**WORK TO BE COMPLETED**
There is one span to output from the data below: the lines starting at the line with "pub(crate) enum Kind" and ending at the line with "let (row, column) = at;". Output it exactly, ends included, nothing more.

**EXTRACTED ENTRIES**
= = = =

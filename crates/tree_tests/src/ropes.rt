//! What ropes answer of positions, by worked rows; ropes that are joined and shared.
use crate::parts::rope_of;
use rope_chunks::{OutOfMemory, Rope};
use std::alloc::Global;
use text_dims::{OffsetUtf16, Place, Point, PointUtf16};
use tree_cursor::Bias;

// A row and a column. Offsets and units are columns of the row 0.
pub(crate) type Spot = (u64, u64);

// A kind of position.
#[derive(Clone, Copy, Debug, PartialEq)]
pub(crate) enum Kind {
    Offset,
    Units,
    Point,
    PointUnits,
}

impl Kind {
    // A place in this kind.
    pub(crate) fn spot_of(self, place: &Place) -> Spot {
        match self {
            Kind::Offset => (0, place.offset),
            Kind::Units => (0, place.utf16),
            Kind::Point => (place.row, place.column),
            Kind::PointUnits => (place.row, place.column_utf16),
        }
    }
}

fn offset_spot(offset: Option<u64>) -> Option<Spot> {
    match offset {
        None => None,
        Some(offset) => Some((0, offset)),
    }
}

fn units_spot(units: Option<OffsetUtf16>) -> Option<Spot> {
    match units {
        None => None,
        Some(units) => Some((0, units.0)),
    }
}

fn point_spot(point: Option<Point>) -> Option<Spot> {
    match point {
        None => None,
        Some(point) => Some((point.row, point.column)),
    }
}

fn point_units_spot(point: Option<PointUtf16>) -> Option<Spot> {
    match point {
        None => None,
        Some(point) => Some((point.row, point.column)),
    }
}

// What is asked of a rope at a spot.
#[derive(Clone, Copy, Debug)]
pub(crate) enum Ask {
    // The same position in another kind.
    Convert(Kind, Kind),
    ClipOffset(Bias),
    ClipPoint(Bias),
    // How long the row is.
    RowLen,
    Len,
    // The row and the column of the end.
    End,
    // The longest row, and its characters.
    LongestRow,
}

fn convert(rope: &Rope, from: Kind, to: Kind, (row, column): Spot) -> Option<Spot> {
    let point = Point { row, column };
    match (from, to) {
        (Kind::Offset, Kind::Point) => point_spot(rope.offset_to_point(column)),
        (Kind::Offset, _) => units_spot(rope.offset_to_utf16(column)),
        (Kind::Units, _) => offset_spot(rope.utf16_to_offset(OffsetUtf16(column))),
        (Kind::Point, Kind::Offset) => offset_spot(rope.point_to_offset(point)),
        (Kind::Point, _) => point_units_spot(rope.point_to_utf16(point)),
        (Kind::PointUnits, _) => point_spot(rope.utf16_to_point(PointUtf16 { row, column })),
    }
}

pub(crate) fn answer(rope: &Rope, ask: Ask, at: Spot) -> Option<Spot> {
    match ask {
        Ask::Convert(from, to) => convert(rope, from, to, at),
        Ask::ClipOffset(bias) => Some((0, rope.clip_offset(at.1, bias))),
        Ask::ClipPoint(bias) => {
            let (row, column) = at;
            point_spot(Some(rope.clip_point(Point { row, column }, bias)))
        }
        Ask::RowLen => offset_spot(rope.row_len(at.0)),
        Ask::Len => Some((0, rope.len())),
        Ask::End => point_spot(Some(rope.summary().lines)),
        Ask::LongestRow => Some((rope.summary().longest_row, rope.summary().longest_row_chars)),
    }
}

// What the rope of a text answers.
fn answer_in(alloc: Global, text: &str, ask: Ask, at: Spot) -> Result<Option<Spot>, OutOfMemory> {
    let rope = rope_of(alloc, text)?;
    Ok(answer(&rope, ask, at))
}

const OFFSET_TO_POINT: Ask = Ask::Convert(Kind::Offset, Kind::Point);

const OFFSET_TO_UTF16: Ask = Ask::Convert(Kind::Offset, Kind::Units);

const UTF16_TO_OFFSET: Ask = Ask::Convert(Kind::Units, Kind::Offset);

const POINT_TO_OFFSET: Ask = Ask::Convert(Kind::Point, Kind::Offset);

const POINT_TO_UTF16: Ask = Ask::Convert(Kind::Point, Kind::PointUnits);

const UTF16_TO_POINT: Ask = Ask::Convert(Kind::PointUnits, Kind::Point);

const LEFT: Ask = Ask::ClipPoint(Bias::Left);

const RIGHT: Ask = Ask::ClipPoint(Bias::Right);

const OFFSET_LEFT: Ask = Ask::ClipOffset(Bias::Left);

const OFFSET_RIGHT: Ask = Ask::ClipOffset(Bias::Right);

const ROWS: &[(&str, Ask, Spot, Option<Spot>)] = &[
    ("é😀\n", Ask::Len, (0, 0), Some((0, 7))),
    ("é😀\n", OFFSET_TO_POINT, (0, 6), Some((0, 6))),
    ("é😀\n", OFFSET_TO_POINT, (0, 3), None),
    ("é😀\n", OFFSET_TO_UTF16, (0, 6), Some((0, 3))),
    ("é😀\n", POINT_TO_UTF16, (0, 6), Some((0, 3))),
    ("é😀\n", UTF16_TO_POINT, (0, 1), Some((0, 2))),
    ("é😀\n", POINT_TO_OFFSET, (0, 7), None),
    ("é😀\n", POINT_TO_OFFSET, (1, 0), Some((0, 7))),
    ("é😀\n", POINT_TO_OFFSET, (2, 0), None),
    ("é😀\n", UTF16_TO_OFFSET, (0, 2), None),
    ("é😀\n", UTF16_TO_OFFSET, (0, 4), Some((0, 7))),
    ("é😀\n", UTF16_TO_OFFSET, (0, 5), None),
    ("é😀\n", OFFSET_LEFT, (0, 3), Some((0, 2))),
    ("é😀\n", OFFSET_RIGHT, (0, 3), Some((0, 6))),
    ("é😀\n", OFFSET_LEFT, (0, 6), Some((0, 6))),
    ("é😀\n", OFFSET_LEFT, (0, 9), Some((0, 7))),
    ("é😀\n", OFFSET_RIGHT, (0, 9), Some((0, 7))),
    ("é😀\n", LEFT, (0, 3), Some((0, 2))),
    ("é😀\n", RIGHT, (0, 3), Some((0, 6))),
    ("a\nbc", LEFT, (u64::MAX, 0), Some((1, 2))),
    ("a\nbc", RIGHT, (u64::MAX, 0), Some((1, 2))),
    ("a\nbc", LEFT, (u64::MAX, 9), Some((1, 2))),
    ("a\nbc", RIGHT, (u64::MAX, 9), Some((1, 2))),
    ("a\nbc", LEFT, (u64::MAX, u64::MAX), Some((1, 2))),
    ("a\nbc", RIGHT, (u64::MAX, u64::MAX), Some((1, 2))),
    ("a\nbc", LEFT, (0, u64::MAX), Some((0, 1))),
    ("a\nbc", RIGHT, (0, u64::MAX), Some((0, 1))),
    ("a\nbc", LEFT, (0, 9), Some((0, 1))),
    ("a\nbc", RIGHT, (0, 9), Some((0, 1))),
    ("a\nbc", LEFT, (5, 0), Some((1, 2))),
    ("a\nbc", RIGHT, (5, 0), Some((1, 2))),
    ("a\nbc", OFFSET_LEFT, (0, u64::MAX), Some((0, 4))),
    ("a\nbc", OFFSET_RIGHT, (0, u64::MAX), Some((0, 4))),
    ("a\nbc", Ask::RowLen, (0, 0), Some((0, 1))),
    ("a\nbc", Ask::RowLen, (1, 0), Some((0, 2))),
    ("a\nbc", Ask::RowLen, (2, 0), None),
    ("a\nbc", Ask::End, (0, 0), Some((1, 2))),
    ("a\nbc", Ask::LongestRow, (0, 0), Some((1, 2))),
    ("", OFFSET_TO_POINT, (0, 0), Some((0, 0))),
    ("", OFFSET_TO_POINT, (0, 1), None),
];

#[test]
fn ropes_answer_of_positions(rt: HostRuntime) -> Result<(), OutOfMemory> {
    for &(text, ask, at, expected) in ROWS {
        let found = answer_in(rt.alloc(), text, ask, at)?;
        assert!(rt; found == expected, "{ask:?} at {at:?} of {text:?}");
    }
    Ok(())
}

// The rope of two texts.
fn join(alloc: Global, front: &str, back: &str) -> Result<Rope, OutOfMemory> {
    let mut rope = rope_of(alloc, front)?;
    append_to(alloc, &mut rope, rope_of(alloc, back)?)?;
    Ok(rope)
}

pub(crate) fn append_to(alloc: Global, rope: &mut Rope, back: Rope) -> Result<(), OutOfMemory> {
    if rope.len() < 1000 && back.len() < 1000 {
        return rope.append(alloc, back);
    }
    Ok(())
}

fn joined_text(alloc: Global, front: &str, back: &str) -> Result<String, OutOfMemory> {
    join(alloc, front, back)?.to_string(alloc)
}

fn shared_len(alloc: Global, front: &str, back: &str) -> Result<(u64, u64), OutOfMemory> {
    let rope = join(alloc, front, back)?;
    let len = rope.len();
    Ok((len, rope.share()?.len()))
}

fn point_in_empty(alloc: Global, offset: u64) -> Result<Option<Point>, OutOfMemory> {
    Ok(Rope::new(alloc)?.offset_to_point(offset))
}

#[test]
fn ropes_grow(rt: HostRuntime) -> Result<(), OutOfMemory> {
    assert!(rt;
        joined_text(rt.alloc(), "a\nbc", "d")?.as_str() == "a\nbcd",
        "joined"
    );
    assert!(rt; shared_len(rt.alloc(), "a\nbc", "d")? == (5, 5), "shared");
    let start = Point { row: 0, column: 0 };
    assert!(rt;
        point_in_empty(rt.alloc(), 0)? == Some(start),
        "at the start of no text"
    );
    assert!(rt;
        point_in_empty(rt.alloc(), 1)?.is_none(),
        "past the end of no text"
    );
    Ok(())
}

= = = =

**REPLY**
pub(crate) enum Kind {
    Offset,
    Units,
    Point,
    PointUnits,
}

impl Kind {
    // A place in this kind.
    pub(crate) fn spot_of(self, place: &Place) -> Spot {
        match self {
            Kind::Offset => (0, place.offset),
            Kind::Units => (0, place.utf16),
            Kind::Point => (place.row, place.column),
            Kind::PointUnits => (place.row, place.column_utf16),
        }
    }
}

fn offset_spot(offset: Option<u64>) -> Option<Spot> {
    match offset {
        None => None,
        Some(offset) => Some((0, offset)),
    }
}

fn units_spot(units: Option<OffsetUtf16>) -> Option<Spot> {
    match units {
        None => None,
        Some(units) => Some((0, units.0)),
    }
}

fn point_spot(point: Option<Point>) -> Option<Spot> {
    match point {
        None => None,
        Some(point) => Some((point.row, point.column)),
    }
}

fn point_units_spot(point: Option<PointUtf16>) -> Option<Spot> {
    match point {
        None => None,
        Some(point) => Some((point.row, point.column)),
    }
}

// What is asked of a rope at a spot.
#[derive(Clone, Copy, Debug)]
pub(crate) enum Ask {
    // The same position in another kind.
    Convert(Kind, Kind),
    ClipOffset(Bias),
    ClipPoint(Bias),
    // How long the row is.
    RowLen,
    Len,
    // The row and the column of the end.
    End,
    // The longest row, and its characters.
    LongestRow,
}

fn convert(rope: &Rope, from: Kind, to: Kind, (row, column): Spot) -> Option<Spot> {
    let point = Point { row, column };
    match (from, to) {
        (Kind::Offset, Kind::Point) => point_spot(rope.offset_to_point(column)),
        (Kind::Offset, _) => units_spot(rope.offset_to_utf16(column)),
        (Kind::Units, _) => offset_spot(rope.utf16_to_offset(OffsetUtf16(column))),
        (Kind::Point, Kind::Offset) => offset_spot(rope.point_to_offset(point)),
        (Kind::Point, _) => point_units_spot(rope.point_to_utf16(point)),
        (Kind::PointUnits, _) => point_spot(rope.utf16_to_point(PointUtf16 { row, column })),
    }
}

pub(crate) fn answer(rope: &Rope, ask: Ask, at: Spot) -> Option<Spot> {
    match ask {
        Ask::Convert(from, to) => convert(rope, from, to, at),
        Ask::ClipOffset(bias) => Some((0, rope.clip_offset(at.1, bias))),
        Ask::ClipPoint(bias) => {
            let (row, column) = at;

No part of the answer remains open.